Task requirements: Your answer should be every line below that includes the word "super".

___ Records shown ___

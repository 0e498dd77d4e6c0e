// The commands.
use super::failures::{Failure, USAGE};
use super::files::{read_list, read_packet, write_packet};
use claims::{Source, Texts};
use display::{accepted, misplaced, refused, size_line, table};
use faults::Fault;
use packet::{Packet, check};
use packing::{PackError, is_written_back, pack};
use std::alloc::AllocError;
use std::rt::Files;

// The line of a refusal on the standard output.
fn refusal(rt: &(impl Print + AllocGlobal), fault: Fault) -> Result<(), Failure> {
    rt.println(refused(rt.alloc(), fault)?)?;
    Err(Failure::Refused)
}

// Lists the claims, and writes the packet back.
fn show_claims(rt: &(impl Print + AllocGlobal), packet: &Packet) -> Result<(), Failure> {
    let heap = rt.alloc();
    let bytes = packet.bytes();
    let texts = Texts {
        rules: b"",
        packet: bytes,
    };
    rt.println(accepted(heap, packet.count())?)?;
    rt.print(table(heap, packet, &texts)?)?;
    if is_written_back(heap, packet)? {
        rt.println(size_line(heap, bytes.len())?)?;
    }
    Ok(())
}

fn show(rt: &(impl Files + Print + AllocGlobal), packet: &str) -> Result<(), Failure> {
    let bytes = read_packet(rt, packet)?;
    match check(bytes.as_slice()) {
        Ok(packet) => show_claims(rt, &packet),
        Err(fault) => refusal(rt, fault),
    }
}

fn pack_file(
    rt: &(impl Files + Print + AllocGlobal),
    list: &str,
    packet: &str,
) -> Result<(), Failure> {
    let heap = rt.alloc();
    let text = read_list(rt, list)?;
    match pack(heap, text.as_slice()) {
        Ok(bytes) => {
            write_packet(rt, packet, bytes.as_slice())?;
            show(rt, packet)
        }
        Err(PackError::Memory) => Err(Failure::Memory(AllocError)),
        Err(PackError::Line(found)) => Err(Failure::Line(misplaced(heap, list, found)?)),
        Err(PackError::Refused(fault)) => refusal(rt, fault),
    }
}

// The words fit no command: is it the first, or those after it?
fn misused(rt: &impl AllocGlobal, command: &str) -> Result<(), Failure> {
    let line = match command {
        "pack" | "show" | "help" => format!(in rt.alloc();
            "mujelto: wrong number of words after '{command}'"
        )?,
        _ => format!(in rt.alloc(); "mujelto: unknown command '{command}'")?,
    };
    Err(Failure::Usage(line))
}

pub fn run(rt: &(impl Files + Print + AllocGlobal), words: &[String]) -> Result<(), Failure> {
    match words {
        [] => Err(Failure::Usage(format!(in rt.alloc(); "mujelto: a command is missing")?)),
        [command] if command.as_str() == "help" => Ok(rt.print(USAGE)?),
        [command, packet] if command.as_str() == "show" => show(rt, packet.as_str()),
        [command, list, packet] if command.as_str() == "pack" => pack_file(
            rt,
            list.as_str(),
            packet.as_str(),
        ),
        [command, ..] => misused(rt, command.as_str()),
    }
}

___

Solution:
use super::failures::{Failure, USAGE};
use super::files::{read_list, read_packet, write_packet};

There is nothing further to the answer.